Так отец говорил, но голос в голове был скрипучий и старый, пропитанный дымом самосада и похмельным смрадом деревенской сивухи. Над бровью кольнуло, Степан смахнул комара, словно грубый мешок с головы сдернул. Краски стали ярче, вернулись звуки — плеск воды и шелест тальника, — крупный хариус метался на конце лески, дробя реку хвостом в прозрачные брызги. Степан машинально подтянул рыбину к себе, неловко прижал к бродням…

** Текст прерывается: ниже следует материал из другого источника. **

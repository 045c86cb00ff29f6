//! Memory for slots: the one place where raw pointers stand.
ghost use Rattle.std.specs.Prelude.{◌≡◌, ◌↔◌, ◌<◌, ℕ, List, Option, Some, None, IsSome, IsNone, IsTrue, length, replicate, slice_get, slice_set, IfOk};
ghost use Rattle.std.specs.Borrow.{sem};
ghost use Rattle.std.specs.Vec.Ownership.{FitsInBlock};
ghost use base.Fml.{ftrue};
ghost use denote.RawPtr.{Ptr};
ghost use Rattle.slot_arena.specs.Memory.{block_owns, block_lends, deed_owns};

use std::alloc::{AllocError, Allocator};
use std::marker::{Model, PhantomData};
use std::mem::{align_of, size_of};

/// Memory for some slots, each of which is empty or holds a value.
pub(crate) struct Block<S> {
    at: *mut S,
    ghost places: { List (Option S) },
}

impl<S> Model for Block<S> {
    ghost also_owns = { λ b. block_owns S.row b.at b.places };

    ghost also_shares = { λ b _ κ. block_lends S.row b.at b.places κ };
}

/// The right to give the memory of `count` slots at `at` back to `alloc`.
pub(crate) struct Deed<S, A: Allocator> {
    mark: PhantomData<*const (S, A)>,
    ghost at: { Ptr },
    ghost count: { ℕ },
    ghost alloc: { A },
}

impl<S, A: Allocator> Model for Deed<S, A> {
    ghost also_owns = { λ d. deed_owns S.row (A.dealloc_token d.alloc) d.at d.count };

    ghost also_shares = { λ _ _ _. ftrue };
}

/// Whether `count` slots take fewer than 2^63 bytes, beyond which no memory can be asked for.
pub(crate) fn fits_in_memory<S>(count: usize) -> bool
    ensures { IsTrue result → FitsInBlock S.row count }
{
    let bytes = count as u128 * size_of::<S>() as u128;
    if bytes < 0x8000_0000_0000_0000 {
        count < 0x8000_0000_0000_0000
    } else {
        false
    }
}

/// Takes memory for `count` empty slots.
pub(crate) fn allocate<S, A: Allocator>(
    alloc: &A,
    count: usize,
) -> Result<(Block<S>, Deed<S, A>), AllocError>
    requires { FitsInBlock S.row count }
    ensures { IfOk result (λ r. (r.0.places ≡ replicate count None) × (r.1.at ≡ r.0.at) × (r.1.count ≡ count) × (r.1.alloc ≡ alloc.now)) }
{
    match alloc.allocate(count * size_of::<S>(), align_of::<S>()) {
        Ok(bytes) => Ok((
            Block {
                at: bytes as *mut S,
            },
            Deed { mark: PhantomData },
        )),
        Err(refused) => Err(refused),
    }
}

/// Gives the memory of `count` slots back, all of which are empty.
pub(crate) fn free<S, A: Allocator>(alloc: &A, block: Block<S>, deed: Deed<S, A>, count: usize)
    requires { (block.places ≡ replicate count None) × (deed.at ≡ block.at) × (deed.count ≡ count) × (deed.alloc ≡ alloc.now) }
{
    let Block { at } = block;
    let Deed { mark: _ } = deed;
    unsafe {
        alloc.deallocate(at as *mut u8, count * size_of::<S>(), align_of::<S>());
    }
}

impl<S> Block<S> {
    ghost use Rattle.slot_arena.specs.BlockLends.{LendsPlace};

    /// Lends the value at a place for reading.
    pub(crate) fn get(&self, place: usize) -> &S
        requires { (x : S) × (slice_get self.now.places place ≡ Some (Some x)) }
        ensures { slice_get self.now.places place ≡ Some (Some result.now) }
    {
        unsafe { &*self.at.add(place) }
    }

    /// Lends the value at a place for writing.
    pub(crate) fn get_mut(&mut self, place: usize) -> &mut S
        requires { (x : S) × (slice_get self.old.places place ≡ Some (Some x)) }
        ensures* writes_back { sem 𝓛 (LendsPlace S.row self.entry place result) }
        ensures value { slice_get self.old.places place ≡ Some (Some result.now) }
    {
        unsafe { &mut *self.at.add(place) }
    }

    /// Fills an empty place, or empties one that holds a value: puts `slot` there and hands out what was there, one
    /// of which is nothing.
    pub(crate) fn replace(&mut self, place: usize, slot: Option<S>) -> Option<S>
        requires { (old : Option S) × (slice_get self.old.places place ≡ Some old) × (IsSome slot ↔ IsNone old) }
        ensures was { slice_get self.old.places place ≡ Some result }
        ensures at { self.new.at ≡ self.old.at }
        ensures places { self.new.places ≡ slice_set self.old.places place slot }
    {
        match slot {
            Some(slot) => {
                unsafe { self.at.add(place).write(slot) };
                None
            }
            None => Some(unsafe { self.at.add(place).read() }),
        }
    }
}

Вот что старый тельмучин бормотал!
«Не проси много…»
Надо же…
Отец Степана — чистокровный русак, но на тельма — наречии коренного народа, некогда кочевавшего по югу области, территории размером с треть Франции, — говорил свободно. По-другому было нельзя, видимо. Он служил егерем в Алтуфьевском охотхозяйстве, пропадал в тайге подолгу и куда чаще встречал тельмучин, правящих иргишь от долины к долине в предгорьях Янецкого Алатау вслед за последними оленями, чем белого человека, будь то охотник, геолог или браконьер. Он и Степана таскал с собой лет с пяти. Как рюкзак, на спине, когда пацану становилось тяжело идти. «Смотри в оба», — говорил он, посмеиваясь, — «Глаза на затылке — штука в тайге полезная». И он смотрел. Смотрел, как осыпается роса, сбитая с кустов, как смыкаются тяжелые лапы пихт, запечатывая тропы, по которым они пробирались, как сверкает серебряная паутина в ветвях черемухи, усыпанными крупными ягодами — сладкими и терпкими, вяжущими рот горьковатым послевкусием. Он учился угадывать просветы в, казалось бы, глухой стене плотного подлеска, видеть их, как аутист видит закономерность в беспорядочной мешанине символов на книжной странице. Он научился обходить буреломы раньше, чем научился правильно переходить дорогу, а мед диких пчел попробовал до того, как его угостили первой шоколадкой. И комплекс от клещевого энцефалита Степану ставили задолго до первой прививки от гриппа. Отец рассказывал обо всем, и отвечал на любой вопрос, кроме одного: «А где мама?»
В такие минуты лицо его деревенело, он тяжело и долго молчал, глядя в сторону, а потом говорил: «Не проси много, твое желание может исполниться»… Ну, если вообще что-нибудь говорил.
Хариус под рукой затрепыхался, плавники кольнули ладонь, и рыбина плюхнулась в воду.
Солнце вполглаза пустило Степану зайчика над макушками сопок. По воде рассыпалась рыбья чешуя, подкрашенная холодной кровью. Он прикрыл лицо ладонью и увидел на берегу Сергачева с банкой пива в руке. Виктор вяло махнул рукой. Чего это он в такую рань? Не рассвет же встречать?
Степан неловко подхватил лесу, дернул плечом: сумка с уловом оттягивала, достанет не только на завтрак…
Он побрел к берегу, пересекая течение.
Ведьмин палец погрозил в спину: «Не проси много…»
* * *
Ствол «Вепря» уставился Сергачеву в лицо черным глазом.
Маслянисто блестел магазин, белая искра сорвалась с затвора. За прицельной планкой — мутное пятно вместо лица стрелка: взгляд-то прикован к темноте, на дне которой сидит смерть, за секунды до того, как толкнуться вперед, ударить кувалдой, сминая кости и хрящи, сдирая лоскуты кожи со скул горячими пороховыми газами, вышибая глаза, уже лопнувшие как перезрелые виноградины. Вряд ли дробь продырявит лобные кости, да и незачем, энергия удара уже расплющила мозг о внутренние стенки вместе со всем эфемерным содержимым, что составляло его такое важное и единственное Я на всем белом свете…
Виктор открыл глаза и тут же зажмурился.
«Белый» свет оказался приглушенного бутылочно-зеленого цвета, но резал как бритва. Неосторожное движение отзывалось в голове острым болезненным спазмом, коротким и ветвистым как молния. Боль глухими раскатами металась от виска к виску, сердце стучало часто и глухо.